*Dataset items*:

>>>

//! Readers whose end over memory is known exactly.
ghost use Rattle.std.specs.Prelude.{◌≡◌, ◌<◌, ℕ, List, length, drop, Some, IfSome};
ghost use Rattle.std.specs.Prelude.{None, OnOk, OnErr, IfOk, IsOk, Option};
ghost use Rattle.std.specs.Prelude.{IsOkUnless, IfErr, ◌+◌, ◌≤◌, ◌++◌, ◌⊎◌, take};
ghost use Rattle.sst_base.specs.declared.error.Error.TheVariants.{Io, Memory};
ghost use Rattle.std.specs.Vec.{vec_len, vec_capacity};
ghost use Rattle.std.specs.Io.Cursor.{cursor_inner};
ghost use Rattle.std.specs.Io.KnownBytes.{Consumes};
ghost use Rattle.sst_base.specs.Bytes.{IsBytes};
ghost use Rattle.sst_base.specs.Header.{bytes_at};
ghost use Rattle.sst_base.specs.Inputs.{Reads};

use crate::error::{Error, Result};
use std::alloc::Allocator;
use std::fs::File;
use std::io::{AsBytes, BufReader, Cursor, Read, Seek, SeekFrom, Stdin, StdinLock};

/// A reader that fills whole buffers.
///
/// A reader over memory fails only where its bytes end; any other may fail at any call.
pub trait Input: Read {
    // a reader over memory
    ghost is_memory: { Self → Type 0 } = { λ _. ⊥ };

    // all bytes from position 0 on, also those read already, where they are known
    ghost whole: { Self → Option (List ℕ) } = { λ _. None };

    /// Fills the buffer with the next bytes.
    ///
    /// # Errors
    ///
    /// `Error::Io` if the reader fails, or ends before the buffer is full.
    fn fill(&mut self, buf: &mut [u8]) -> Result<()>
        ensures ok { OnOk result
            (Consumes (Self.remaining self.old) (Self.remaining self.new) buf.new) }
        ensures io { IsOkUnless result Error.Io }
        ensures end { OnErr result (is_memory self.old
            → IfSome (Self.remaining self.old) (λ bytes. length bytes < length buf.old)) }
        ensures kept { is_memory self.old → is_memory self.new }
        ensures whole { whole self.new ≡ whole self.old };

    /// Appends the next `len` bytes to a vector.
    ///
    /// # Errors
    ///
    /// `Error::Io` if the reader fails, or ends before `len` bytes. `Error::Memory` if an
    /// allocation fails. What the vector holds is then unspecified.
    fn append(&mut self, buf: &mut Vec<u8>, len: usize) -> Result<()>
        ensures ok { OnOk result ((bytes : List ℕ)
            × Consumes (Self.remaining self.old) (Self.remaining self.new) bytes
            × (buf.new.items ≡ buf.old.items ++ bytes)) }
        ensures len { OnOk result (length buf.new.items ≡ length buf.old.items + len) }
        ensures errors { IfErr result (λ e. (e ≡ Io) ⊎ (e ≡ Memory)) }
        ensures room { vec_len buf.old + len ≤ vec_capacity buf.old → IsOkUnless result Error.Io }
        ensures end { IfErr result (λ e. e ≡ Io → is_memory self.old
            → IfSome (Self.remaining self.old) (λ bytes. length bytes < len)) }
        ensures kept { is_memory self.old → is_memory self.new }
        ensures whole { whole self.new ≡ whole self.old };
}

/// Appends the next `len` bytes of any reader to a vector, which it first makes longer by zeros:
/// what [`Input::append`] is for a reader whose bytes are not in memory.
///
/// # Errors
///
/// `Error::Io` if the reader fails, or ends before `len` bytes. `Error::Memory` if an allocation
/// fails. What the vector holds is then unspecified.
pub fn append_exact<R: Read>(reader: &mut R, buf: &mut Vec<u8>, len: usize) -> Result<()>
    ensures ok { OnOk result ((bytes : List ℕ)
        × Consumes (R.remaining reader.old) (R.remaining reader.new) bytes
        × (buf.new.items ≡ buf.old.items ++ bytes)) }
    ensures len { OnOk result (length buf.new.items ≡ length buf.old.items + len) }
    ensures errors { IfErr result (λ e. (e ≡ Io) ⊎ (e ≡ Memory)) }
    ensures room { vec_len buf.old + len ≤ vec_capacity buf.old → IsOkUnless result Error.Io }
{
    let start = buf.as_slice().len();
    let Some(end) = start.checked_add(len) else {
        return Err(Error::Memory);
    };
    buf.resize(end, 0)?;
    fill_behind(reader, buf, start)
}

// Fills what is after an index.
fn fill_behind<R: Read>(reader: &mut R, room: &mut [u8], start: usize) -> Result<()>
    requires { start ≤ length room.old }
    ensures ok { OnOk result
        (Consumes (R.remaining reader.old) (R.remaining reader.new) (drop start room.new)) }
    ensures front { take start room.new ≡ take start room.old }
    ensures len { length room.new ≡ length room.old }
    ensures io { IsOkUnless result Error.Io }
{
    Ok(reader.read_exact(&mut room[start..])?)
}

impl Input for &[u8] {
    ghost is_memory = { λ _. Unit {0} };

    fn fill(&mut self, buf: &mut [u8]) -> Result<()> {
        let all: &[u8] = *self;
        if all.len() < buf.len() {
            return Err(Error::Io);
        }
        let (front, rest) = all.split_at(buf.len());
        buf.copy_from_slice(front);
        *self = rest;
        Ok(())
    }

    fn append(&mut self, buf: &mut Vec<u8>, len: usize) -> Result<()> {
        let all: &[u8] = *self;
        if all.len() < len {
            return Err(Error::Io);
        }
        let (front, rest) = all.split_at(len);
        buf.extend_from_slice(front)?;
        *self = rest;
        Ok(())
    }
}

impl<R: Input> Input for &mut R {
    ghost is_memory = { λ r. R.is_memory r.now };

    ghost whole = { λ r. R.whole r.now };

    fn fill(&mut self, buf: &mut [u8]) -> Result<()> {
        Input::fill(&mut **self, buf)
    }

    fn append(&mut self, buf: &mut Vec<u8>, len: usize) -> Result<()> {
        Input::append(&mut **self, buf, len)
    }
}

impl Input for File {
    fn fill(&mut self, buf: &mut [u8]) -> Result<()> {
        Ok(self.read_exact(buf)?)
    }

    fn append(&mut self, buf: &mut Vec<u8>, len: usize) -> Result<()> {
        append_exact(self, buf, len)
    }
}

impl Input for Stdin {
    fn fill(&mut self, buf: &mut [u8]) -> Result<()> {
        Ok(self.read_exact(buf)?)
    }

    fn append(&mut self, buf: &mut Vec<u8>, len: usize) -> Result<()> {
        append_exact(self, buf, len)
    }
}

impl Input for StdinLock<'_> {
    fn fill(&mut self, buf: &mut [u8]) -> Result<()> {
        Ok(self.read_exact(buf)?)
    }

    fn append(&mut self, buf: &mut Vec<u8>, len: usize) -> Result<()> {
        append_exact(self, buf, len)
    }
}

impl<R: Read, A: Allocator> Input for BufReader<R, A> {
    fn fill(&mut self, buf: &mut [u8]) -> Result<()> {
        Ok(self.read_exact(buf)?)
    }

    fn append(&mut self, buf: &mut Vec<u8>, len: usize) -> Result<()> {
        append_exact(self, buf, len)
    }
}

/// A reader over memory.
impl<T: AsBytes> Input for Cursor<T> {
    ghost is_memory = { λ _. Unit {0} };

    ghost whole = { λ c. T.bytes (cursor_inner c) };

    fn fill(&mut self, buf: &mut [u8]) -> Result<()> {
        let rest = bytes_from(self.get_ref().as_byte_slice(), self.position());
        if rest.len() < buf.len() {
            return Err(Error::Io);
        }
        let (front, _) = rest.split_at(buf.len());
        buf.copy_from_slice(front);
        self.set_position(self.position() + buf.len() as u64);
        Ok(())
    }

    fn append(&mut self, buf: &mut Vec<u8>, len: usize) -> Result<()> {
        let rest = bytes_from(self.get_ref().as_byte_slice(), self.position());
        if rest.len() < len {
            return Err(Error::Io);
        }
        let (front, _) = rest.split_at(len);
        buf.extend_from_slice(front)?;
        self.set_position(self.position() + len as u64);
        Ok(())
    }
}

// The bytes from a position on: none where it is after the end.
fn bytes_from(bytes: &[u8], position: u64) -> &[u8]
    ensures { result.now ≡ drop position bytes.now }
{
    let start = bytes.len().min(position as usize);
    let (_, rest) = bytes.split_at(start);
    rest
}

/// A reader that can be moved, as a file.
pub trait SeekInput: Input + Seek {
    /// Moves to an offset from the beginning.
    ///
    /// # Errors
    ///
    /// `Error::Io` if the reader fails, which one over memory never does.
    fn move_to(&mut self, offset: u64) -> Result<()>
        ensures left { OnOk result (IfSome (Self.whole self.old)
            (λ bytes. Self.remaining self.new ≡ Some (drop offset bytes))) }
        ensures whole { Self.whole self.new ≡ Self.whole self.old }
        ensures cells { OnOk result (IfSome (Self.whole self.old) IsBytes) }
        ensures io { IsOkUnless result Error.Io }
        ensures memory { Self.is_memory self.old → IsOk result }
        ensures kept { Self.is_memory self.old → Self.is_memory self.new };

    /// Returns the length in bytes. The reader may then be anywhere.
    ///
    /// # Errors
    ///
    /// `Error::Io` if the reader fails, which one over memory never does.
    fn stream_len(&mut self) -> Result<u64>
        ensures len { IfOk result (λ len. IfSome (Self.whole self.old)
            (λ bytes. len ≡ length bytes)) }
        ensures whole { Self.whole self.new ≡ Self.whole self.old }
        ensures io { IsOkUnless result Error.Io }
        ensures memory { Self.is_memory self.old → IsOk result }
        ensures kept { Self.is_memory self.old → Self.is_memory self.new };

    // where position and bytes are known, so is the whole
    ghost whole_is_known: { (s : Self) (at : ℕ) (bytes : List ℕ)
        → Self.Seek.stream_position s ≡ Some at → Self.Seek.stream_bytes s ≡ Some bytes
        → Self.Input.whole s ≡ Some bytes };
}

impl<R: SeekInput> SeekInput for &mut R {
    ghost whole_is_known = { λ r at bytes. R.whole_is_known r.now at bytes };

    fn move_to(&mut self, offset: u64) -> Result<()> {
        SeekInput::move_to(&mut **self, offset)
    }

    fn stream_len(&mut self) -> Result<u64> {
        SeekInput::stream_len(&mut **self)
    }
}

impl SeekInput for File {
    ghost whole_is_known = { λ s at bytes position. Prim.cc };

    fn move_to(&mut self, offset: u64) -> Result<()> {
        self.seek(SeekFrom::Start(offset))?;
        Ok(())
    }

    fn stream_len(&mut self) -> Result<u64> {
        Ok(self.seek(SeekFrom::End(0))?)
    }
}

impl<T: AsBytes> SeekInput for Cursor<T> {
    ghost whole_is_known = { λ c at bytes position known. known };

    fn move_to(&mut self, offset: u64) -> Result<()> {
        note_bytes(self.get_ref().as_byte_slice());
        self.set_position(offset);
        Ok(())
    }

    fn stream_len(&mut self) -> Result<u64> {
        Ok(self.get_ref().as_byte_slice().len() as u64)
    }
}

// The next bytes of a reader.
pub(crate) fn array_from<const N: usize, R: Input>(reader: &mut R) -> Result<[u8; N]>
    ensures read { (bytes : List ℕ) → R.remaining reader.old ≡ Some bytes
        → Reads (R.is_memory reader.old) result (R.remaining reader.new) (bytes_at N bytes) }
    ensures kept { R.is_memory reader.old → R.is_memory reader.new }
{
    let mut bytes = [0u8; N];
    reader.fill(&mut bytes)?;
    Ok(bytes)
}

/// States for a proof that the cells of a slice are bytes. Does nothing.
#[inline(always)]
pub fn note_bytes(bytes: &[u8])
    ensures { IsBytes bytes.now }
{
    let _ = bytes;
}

<<<

*Problem details*:
Every line holding the string "allocation" should be copied here, so please find those lines in the data.

*Exercise result*:
    /// allocation fails. What the vector holds is then unspecified.
/// `Error::Io` if the reader fails, or ends before `len` bytes. `Error::Memory` if an allocation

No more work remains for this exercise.